„Zeit ist reif, das Transsexuellengesetz abzuwickeln“: Sachverständige unterstützen Gesetzesvorschläge für mehr Selbstbestimmung
Veraltet und diskriminierend: FDP, Linke und Grüne fordern, das Transsexuellengesetz zu ersetzen. Ihre Vorschläge waren jetzt Thema im Innenausschuss.
Trans Menschen in Deutschland müssen viele Hürden überwinden. Wer Namen und Personenstand offiziell ändern möchten, braucht dafür zwei Gutachten von Sachverständigen.
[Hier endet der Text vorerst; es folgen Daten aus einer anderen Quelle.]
//! What a caller in C holds of the library.
ghost use Rattle.std.specs.Prelude.{◌≡◌, Option, None, Some, option_map};
ghost use Rattle.regress_calls.specs.Slots.{slot_owns};
ghost use Rattle.std.specs.Coded.{coded_option};
ghost use Rattle.regress_calls.specs.contracts.held.Held.{the_row as held_row};
ghost use Rattle.regress_calls.specs.declared.held.Held.{Held as HeldValue};

mod parts;

use crate::held::Held;
use parts::Parts;
use std::alloc::Global;
use std::marker::Model;
use std::ptr::null_mut;

/// What a caller in C holds of the library: a pointer, which is null where nothing is held.
#[repr(C)]
pub struct Slot {
    ptr: *mut u8,
    pub ghost held: { Option HeldValue } by { coded_option held_row.coded },
}

impl Model for Slot {
    ghost also_owns = { λ s. slot_owns s.ptr s.held };
}

impl Slot {
    /// A slot that holds nothing.
    pub fn empty() -> Slot
        ensures { result.held ≡ None }
    {
        Slot { ptr: null_mut() }
    }

    /// A slot that holds a box.
    pub fn of(held: Box<Held>) -> Slot
        ensures { result.held ≡ Some held.value }
    {
        Slot::of_parts(Parts::of(held))
    }

    /// The box that is held.
    pub fn into_box(self, alloc: Global) -> Option<Box<Held>>
        ensures { option_map (λ b. b.value) result ≡ self.held }
    {
        match self.into_parts(alloc) {
            Some(parts) => Some(parts.into_box()),
            None => None,
        }
    }

    /// Takes what is held, and leaves nothing.
    pub fn take(&mut self, alloc: Global) -> Option<Box<Held>>
        ensures taken { option_map (λ b. b.value) result ≡ self.old.held }
        ensures left { self.new.held ≡ None }
    {
        std::mem::replace(self, Slot::empty()).into_box(alloc)
    }

    /// Holds a box, and frees what was held.
    pub fn put(&mut self, alloc: Global, held: Box<Held>)
        ensures { self.new.held ≡ Some held.value }
    {
        drop(std::mem::replace(self, Slot::of(held)).into_box(alloc));
    }

    fn of_parts(parts: Parts<Held, Global>) -> Slot
        ensures { result.held ≡ Some parts.value }
    {
        let Parts { ptr, alloc: _ } = parts;
        Slot {
            ptr: ptr as *mut u8,
        }
    }

    fn into_parts(self, alloc: Global) -> Option<Parts<Held, Global>>
        ensures { option_map (λ p. p.value) result ≡ self.held }
    {
        let Slot { ptr } = self;
        if ptr.is_null() {
            None
        } else {
            Some(Parts {
                ptr: ptr as *mut Held,
                alloc,
            })
        }
    }
}

// What is held may go to another thread.
unsafe impl Send for Slot {}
So steht es im Transsexuellengesetz (TSG) von 1980. Mehrere Monate dauert dieser Prozess, die Kosten müssen die Betroffenen selbst zahlen – im Schnitt 2000 Euro, wie Kalle Hümpfner vom Bundesverband Trans* bei einer Anhörung im Ausschuss für Inneres am Montag sagte.
„Transgeschlechtliche Menschen stehen unter Druck, den Gutachtern etwas nachzuweisen, das nicht nachzuweisen ist“, sagte Hümpfner. Das TSG sei bestimmt von einer Logik der „Fremdbestimmung und Pathologisierung“. In einer ohnehin schwierigen Zeit würden trans Personen damit zusätzlich belastet.
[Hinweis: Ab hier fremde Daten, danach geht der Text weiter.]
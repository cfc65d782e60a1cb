//! Texts that are searched.
ghost use Rattle.std.specs.Prelude.{◌≡◌, ◌↔◌, ◌+◌, ◌<◌, ◌≤◌, ◌^◌, ℕ, IsTrue, IfOk, IfErr, None, chars, length};
ghost use Rattle.std.specs.Str.{IsUtf8};
ghost use Rattle.regress_meaning.specs.Laws.{IsItemInside};
ghost use Rattle.regress_meaning.specs.Matches.{Item, next_place};
ghost use Rattle.regress_meaning.specs.Offsets.{Begins, characters, of_ucs2, of_utf8, of_utf16, offset};
ghost use Rattle.regress_calls.specs.Texts.{EndsAtStart, IsRangeOf, reading_of_text};

use regress::{Range, is_start, is_unit_start};
use regress_call_errors::CallError;

/// A text to be searched, of one of four kinds.
#[derive(Clone, Copy, Debug)]
pub enum Text<'t> {
    /// UTF-8; offsets are in bytes.
    Utf8(&'t str),
    /// ASCII; offsets are in bytes.
    Ascii(&'t str),
    /// 16-bit units, of which a high one before a low one is one character; offsets are in units.
    Utf16(&'t [u16]),
    /// 16-bit units that are one character each; offsets are in units.
    Ucs2(&'t [u16]),
}

/// The bytes as a text, where they are UTF-8.
///
/// ```rust
/// let text = utf8(b"\xFF"); // `Err(CallError::NotUtf8)`
/// ```
pub fn utf8(bytes: &[u8]) -> Result<&str, CallError>
    ensures text { IfOk result (λ text. text.now ≡ bytes.now) }
    ensures refused { IfErr result (λ e. (e ≡ CallError.NotUtf8) × ¬ (IsUtf8 bytes.now)) }
{
    match std::str::from_utf8(bytes) {
        Ok(text) => Ok(text),
        Err(_) => Err(CallError::NotUtf8),
    }
}

/// How many bytes a text has: the offset of its end.
fn len_in_bytes(text: &str) -> usize
    ensures end { offset (of_utf8 text.now) (length (chars text.now)) ≡ result }
    ensures small { result < 2 ^ 63 }
{
    text.len()
}

/// How many units there are: the offset of their end, in pairs and one by one.
fn len_in_units(units: &[u16]) -> usize
    ensures utf16 { offset (of_utf16 units.now) (length (characters units.now)) ≡ result }
    ensures ucs2 { offset (of_ucs2 units.now) (length units.now) ≡ result }
    ensures small { result < 2 ^ 63 }
{
    units.len()
}

impl Text<'_> {
    /// Whether a search may begin at an offset: at a boundary between characters, or past the end.
    ///
    /// ```rust
    /// let inside = Text::Utf8("é").is_start(1); // false
    /// ```
    pub fn is_start(&self, start: usize) -> bool
        ensures { IsTrue result ↔ ((place : ℕ) × Begins (reading_of_text self.now) start place) }
    {
        match self {
            Text::Utf8(text) | Text::Ascii(text) => is_start(text, start),
            Text::Utf16(units) => is_unit_start(units, start),
            Text::Ucs2(_) => true,
        }
    }

    /// How many bytes or units it has.
    fn len(&self) -> usize
        ensures end { offset (reading_of_text self.now) (length (reading_of_text self.now).points) ≡ result }
        ensures small { result < 2 ^ 63 }
    {
        match self {
            Text::Utf8(text) | Text::Ascii(text) => len_in_bytes(text),
            Text::Utf16(units) | Text::Ucs2(units) => len_in_units(units),
        }
    }

    /// A start past the end.
    fn past_end(&self) -> usize
        ensures { Begins (reading_of_text self.now) result (length (reading_of_text self.now).points + 1) }
    {
        let end = self.len();
        prove!(end < usize::MAX);
        usize::MAX
    }

    /// The next start behind one: at the end of its character, or past the end of the text.
    fn start_after(&self, at: usize) -> usize
        ensures next { (p : ℕ) → p ≤ length (reading_of_text self.now).points → offset (reading_of_text self.now) p ≡ at → Begins (reading_of_text self.now) result (p + 1) }
        ensures start { (place : ℕ) × Begins (reading_of_text self.now) result place }
    {
        let next = at.saturating_add(1);
        for start in next..self.len() {
            if self.is_start(start) {
                return start;
            }
        }
        next.max(self.len())
    }

    /// Where a search goes on behind what it found ("AdvanceStringIndex"): at the end of a match, or where that is empty, at the
    /// next start; past the end where nothing was found.
    pub(crate) fn start_behind(&self, found: &Option<Range>) -> usize
        requires { EndsAtStart (reading_of_text self.now) found.now }
        ensures next { (i : Item) → IsItemInside (reading_of_text self.now).points i → IsRangeOf (reading_of_text self.now) i found.now → Begins (reading_of_text self.now) result (next_place i) }
        ensures past { found.now ≡ None → Begins (reading_of_text self.now) result (length (reading_of_text self.now).points + 1) }
        ensures start { (place : ℕ) × Begins (reading_of_text self.now) result place }
    {
        match found {
            Some(range) if range.start != range.end => range.end,
            Some(range) => self.start_after(range.end),
            None => self.past_end(),
        }
    }
}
Hümpfner war einer der sechs Sachverständigen, die im Ausschuss zu den Gesetzesentwürfen von FDP und Grünen sprachen. Die Parteien wollen das von ihnen als veraltet betrachtete TSG mit einem Selbstbestimmungsgesetz ersetzen. Wichtiger Punkt dabei ist die Abschaffung der Gutachtenpflicht für die rechtliche Anerkennung der geschlechtlichen Identität.
Außerdem zur Diskussion stand ein Antrag der Linken, in dem die Partei Entschädigungen für trans- und intergeschlechtliche Personen fordert. Bis 2008 sah das TSG einen Scheidungszwang für trans Personen nach einer Geschlechtsanpassung vor, bis 2011 einen Sterilisationszwang.
Ulrike Lembke nennt TSG „Schande für den Rechtsstaat“.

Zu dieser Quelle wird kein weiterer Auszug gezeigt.